At this moment, the x42 team is focusing on releasing tiered nodes and an entry-level master node is available by purchasing and holding 1,000 coins in the x42 core wallet. x42 protocol employs Proof of Stake (POS) and rewards users who stake coins in the wallet with a payout every 1-3 days. x42 coins can be purchased at the Start-Ex cryptocurrency exchange.

Unlike many cryptocurrencies that utilized ICO’s during the crypto gold rush of 2017, the x42 team used a traditional launch that included a pre-mine of 25% of their full coin supply (42 million coins). The rest of the coin supply will be printed by the year 2030. This incentivizes users to hold their coins in a wallet and receive staking benefits. Block rewards are 20 coins per block until the block number 550,000 is reached (likely October of 2019) at which time the reward will reduce to 5 coins per block. For more information on coin supply and market cap, check out CoinGecko’s page for x42.
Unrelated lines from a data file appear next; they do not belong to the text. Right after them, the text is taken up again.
// Route sheets: records in the form of a plan's. Record 0 holds the cost and the setting, each further one a belt of the route.
ghost use Rattle.std.specs.Prelude.{◌≡◌, true, ◌++◌, ◌+◌, ◌*◌, ◌≤◌, ◌<◌, length, drop};
ghost use Rattle.plan.specs.Bounds.{max_steps, record_bytes, field_limit};
ghost use Rattle.plan.specs.Records.{placed};
ghost use Rattle.route.specs.Routes.{cost_limit};
ghost use Rattle.route.specs.Sheets.{next_of, head_of, steps_from, steps, head_fits, step_fits, in_form, belts_on, cost_on};
ghost use Rattle.route.specs.Values.{ids_of, packed, sheet_in, bytes_of};

use crate::path::Route;
use plan::bounds::{FIELD_LIMIT, MAX_SHEET_BYTES, MAX_STEPS, RECORD_BYTES};
use plan::read::BeltId;
use plan::record;

// The kinds of records, field 0. They are numbers in the bytes that no value holds, so an enum would be no plainer.
pub const SHEET: u16 = 8;

pub const STEP: u16 = 5;

// What 1 in the middle and in the high field of a cost counts.
const MIDDLE: u64 = FIELD_LIMIT as u64;

const HIGH: u64 = MIDDLE * MIDDLE;

// What a sheet says.
#[derive(Clone, Copy)]
pub struct Sheet {
    pub route: Route,
    pub cost: u64,
    pub setting: u16,
}

// What field 1 of record i holds, in a sheet with so many steps: the index of the next record, and 0 in the last.
fn next_of(count: usize, i: usize) -> u16
    requires { count ≤ max_steps }
    ensures { result ≡ next_of count i }
{
    if i < count { (i + 1) as u16 } else { 0 }
}

// Whether record 0 is in the form of a sheet.
fn head_fits(h: &[u8], count: usize) -> bool
    requires { (count ≡ steps h.now)
        × (count ≤ max_steps)
        × (record_bytes ≤ length h.now) }
    ensures { result ≡ head_fits h.now }
{
    record::field(h, 0, 0) == SHEET && record::field(h, 0, 1) == next_of(count, 0)
}

// Whether record i is in the form of a step.
fn step_fits(h: &[u8], count: usize, i: usize) -> bool
    requires { (count ≡ steps h.now)
        × (count ≤ max_steps)
        × (record_bytes * i + record_bytes ≤ length h.now) }
    ensures { result ≡ step_fits h.now i }
{
    record::field(h, i, 0) == STEP
        && record::field(h, i, 1) == next_of(count, i)
        && record::field(h, i, 3) == 0
        && record::field(h, i, 4) == 0
        && record::field(h, i, 5) == 0
}

// Whether the bytes are in the form of a sheet, whatever belts, cost and setting they hold.
pub fn in_form(h: &[u8]) -> bool
    ensures { result ≡ in_form h.now }
{
    let n = h.len();
    if !(RECORD_BYTES..=MAX_SHEET_BYTES).contains(&n) || n % RECORD_BYTES != 0 {
        return false;
    }
    let records = n / RECORD_BYTES;
    let count = records - 1;
    head_fits(h, count) && (1..records).all(|i| step_fits(h, count, i))
}

// The belts of the steps.
fn read_route(h: &[u8]) -> Route
    requires { in_form h.now ≡ true }
    ensures { result ≡ packed (belts_on h.now) }
{
    let count = h.len() / RECORD_BYTES - 1;
    let mut belts = [BeltId(0); MAX_STEPS];
    for k in 0..count {
        belts[k] = BeltId(record::field(h, k + 1, 2));
    }
    Route { count, belts }
}

// The cost, in fields 2 to 4, high first.
fn read_cost(h: &[u8]) -> u64
    requires { record_bytes ≤ length h.now }
    ensures { result ≡ cost_on h.now }
{
    let high = u64::from(record::field(h, 0, 2));
    let middle = u64::from(record::field(h, 0, 3));
    let low = u64::from(record::field(h, 0, 4));
    high * HIGH + middle * MIDDLE + low
}

// What a sheet in the form says.
pub fn read(h: &[u8]) -> Sheet
    requires { in_form h.now ≡ true }
    ensures { result ≡ sheet_in h.now }
{
    Sheet {
        route: read_route(h),
        cost: read_cost(h),
        setting: record::field(h, 0, 5),
    }
}

// Record 0 of a sheet with so many steps.
fn put_head(out: &mut [u8], count: usize, cost: u64, setting: u16)
    requires { (count ≤ max_steps)
        × (cost < cost_limit)
        × (record_bytes ≤ length out.old) }
    ensures { out.new ≡ placed out.old 0 (head_of count cost setting) }
{
    let high = (cost / HIGH) as u16;
    let middle = (cost / MIDDLE % MIDDLE) as u16;
    let low = (cost % MIDDLE) as u16;
    record::put_record(
        out,
        0,
        [SHEET, next_of(count, 0), high, middle, low, setting],
    );
}

// A step for each belt of the route, from record 1 on.
fn put_steps(out: &mut [u8], route: Route)
    requires { record_bytes * route.count + record_bytes ≤ length out.old }
    ensures { out.new ≡ placed out.old record_bytes (steps_from route.count 1 (ids_of route)) }
{
    for (k, belt) in route.belts().iter().enumerate() {
        let next = next_of(route.count, k + 1);
        record::put_record(out, k + 1, [STEP, next, belt.0, 0, 0, 0]);
    }
}

// Writes the sheet to the start of the buffer, and answers its length. Bytes behind it do not change.
pub fn write(out: &mut [u8], sheet: Sheet) -> usize
    requires { (sheet.cost < cost_limit)
        × (record_bytes * sheet.route.count + record_bytes ≤ length out.old) }
    ensures { (result ≡ length (bytes_of sheet))
        × (out.new ≡ bytes_of sheet ++ drop result out.old) }
{
    let route = sheet.route;
    put_head(out, route.count, sheet.cost, sheet.setting);
    put_steps(out, route);
    RECORD_BYTES * route.count + RECORD_BYTES
}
The use cases for x42 are impressive in their diversity. Developers have suggested that the platform can be used to create casual gaming infrastructures like Ethereum’s wildly popular CryptoKitties or to build more sophisticated tech like Maps or Virtual Reality applications. x42 can also be used to uphold contracts via a modeled reputation system or to even remotely control small and large-scale equipment for businesses.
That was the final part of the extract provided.